中部薬品/AI自動発注率8割に、滞留在庫も3割削減

バローグループの中部薬品は5月15日、日立システムズのAIによる需要予測型自動発注システムを導入し、自動発注率が80%を超えたと発表した。

<自動発注率8割に>

従来のシステムは、日配品など需要波動の高い商品群の予測精度が低く、季節変動や売り場変更に合わせて指数を変更して対応するなど運用にも多大な労力を要していた。2023年8月から新システムを採用し、棚割情報や特売情報・イベント情報・気象情報などを整備、連携することで、統合的な商品管理基盤の構築に取り組んできた。
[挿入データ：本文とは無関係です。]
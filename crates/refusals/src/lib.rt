//! Why a call is refused.
//!
//! There are three layers, each with errors of its own: a keeper of rows, the session, and the engine above it,
//! which knows in which state a call may come. An error is passed up with its subject, what it is about.
//!
//! - [`errors`]: the errors of session and engine, under the crate's names, and how one becomes another on its
//!   way up. The keeper's are in the crate `rows`.
//! - [`layer`]: the layers, with their numbers.
//! - [`told`]: what a user is told of a refusal: number, name, layer and subject.
//!
//! `specs/Refusals.antt` has the whole list.

#![tactic(auto)]

pub mod errors;
pub mod layer;
pub mod told;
変動要因となる30種類の要素データを分析する需要予測計算によって、今まで難しかった消費期限の短い日配品についても、高い精度で需要や適正在庫を予測できるようになった。

どの商品をどちらにどれくらい陳列し、いつ販売するかなどの棚割に関する情報を入力された「棚割システム」と連係しながらAIが高度な需要予測を行い、それに基づく発注量を提案。同時に、特売、季節行事、ポイントイベントなども加味することで、棚替え時の発注作業を強力にサポートしている。加えて、新商品および代替商品への入れ替え時に、予定日に向けて在庫を自動抑制(売り減らし機能)し、現時点で滞留在庫(棚割り除外品在庫)を約3割削減している。
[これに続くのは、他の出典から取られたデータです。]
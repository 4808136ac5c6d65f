//! What a user is told of a refusal.
ghost use Rattle.std.specs.Prelude.{◌≡◌};
ghost use Rattle.refusals.specs.declared.layer.Layer.TheVariants.{Session};
ghost use Rattle.refusals.specs.Refusals.{refusal, of_state, of_alloc, of_relay, of_keeper, of_session};
ghost use Rattle.refusals.specs.Told.{tells, told};

use crate::errors::{AllocLinkError, Error, LinkRelayError, SessionInnerError, SessionStateError};
use crate::layer::Layer;
use definitions::numbers::InputHandle;
use rows::answers::KeeperError;

/// A refusal by its number, the layer that refuses, and its subject.
#[derive(Clone, Copy, PartialEq, Eq, Debug)]
pub struct Told {
    // A number, since that is what a user is told; the kinds themselves are the errors.
    pub number: u8,
    pub layer: Layer,
    pub subject: u64,
}

impl Error {
    /// The refusal's number, layer and subject.
    pub fn told(self) -> Told
        ensures { result ≡ tells (refusal self) }
    {
        match self {
            Error::State(e) => of_state(e),
            Error::Session(e) => of_session(e),
        }
    }
}

// Functions and no `From`: a whole error is told, and its parts in this file alone.

fn of_state(e: SessionStateError) -> Told
    ensures { result ≡ tells (of_state e) }
{
    let (number, state) = match e {
        SessionStateError::Stopped(state) => (1, state),
        SessionStateError::IllegalState(state) => (2, state),
        SessionStateError::SessionNotMapped(state) => (3, state),
    };
    Told {
        number,
        layer: Layer::Engine,
        subject: u64::from(state.number()),
    }
}

fn of_session(e: SessionInnerError) -> Told
    ensures { result ≡ tells (of_session e) }
{
    match e {
        SessionInnerError::BadLength(len) => by_session(4, len as u64),
        SessionInnerError::Alloc(e) => of_alloc(e),
        SessionInnerError::RemoteAttachingLinkNameNotFound(handle) => by_handle(8, handle),
        SessionInnerError::HandleInUse(handle) => by_handle(9, handle),
        SessionInnerError::Relay(e) => of_relay(e),
        SessionInnerError::UntaggedFirst(handle) => by_handle(12, handle),
        SessionInnerError::BacklogFull => by_session(13, 0),
        SessionInnerError::RowOpen(link) => by_session(14, u64::from(link.get())),
        SessionInnerError::IdOpen(id) => by_session(15, u64::from(id)),
        SessionInnerError::BookFull => by_session(16, 0),
        SessionInnerError::Keeper(e) => of_keeper(e),
        SessionInnerError::WireShort(count) => by_session(18, count as u64),
        SessionInnerError::LinkShort => by_session(19, 0),
    }
}

fn of_alloc(e: AllocLinkError) -> Told
    ensures { result ≡ tells (of_alloc e) }
{
    match e {
        AllocLinkError::DuplicatedLinkName(link) => by_session(5, u64::from(link)),
        AllocLinkError::HandlesFull => by_session(6, 0),
        AllocLinkError::LinkNumber(link) => by_session(7, u64::from(link)),
    }
}

fn of_relay(e: LinkRelayError) -> Told
    ensures { result ≡ tells (of_relay e) }
{
    match e {
        LinkRelayError::UnattachedHandle(handle) => by_handle(10, handle),
        LinkRelayError::TransferFrameToSender(handle) => by_handle(11, handle),
    }
}

fn of_keeper(e: KeeperError) -> Told
    ensures { result ≡ tells (of_keeper e) }
{
    let (number, link) = match e {
        KeeperError::RowOpen(link) => (14, link),
        KeeperError::NoPlace(link) => (17, link),
    };
    Told {
        number,
        layer: Layer::Keeper,
        subject: u64::from(link.get()),
    }
}

fn by_session(number: u8, subject: u64) -> Told
    ensures { result ≡ told number Session subject }
{
    Told {
        number,
        layer: Layer::Session,
        subject,
    }
}

fn by_handle(number: u8, handle: InputHandle) -> Told
    ensures { result ≡ told number Session handle.0 }
{
    by_session(number, u64::from(handle.0))
}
従来のシステムでは商品単品単位で安全在庫(指数の変更)を設定しており、運用の大きな負荷となっていたが、新システムでは、演出在庫・経済的発注量の調整パラメーターを商品分類単位で設定し、在庫量・発注量をコントロールする運用が可能となり、システムの運用負荷を軽減している。

今後、約90%以上の自動発注率を目標としている(1週間で1000時間以上の発注作業削減)。また、商品改廃時のAI在庫制御(売り減らし機能)の継続活用により、より在庫を圧縮し、MDサイクルのスピード向上を図る。

さらに、店舗在庫の最適化スキームを流通在庫にも還元すべく、まずは物流センター在庫への部分連携に着手している。蓄積された内部データを丹念に分析することで、精度向上と適用範囲の拡大したい考え。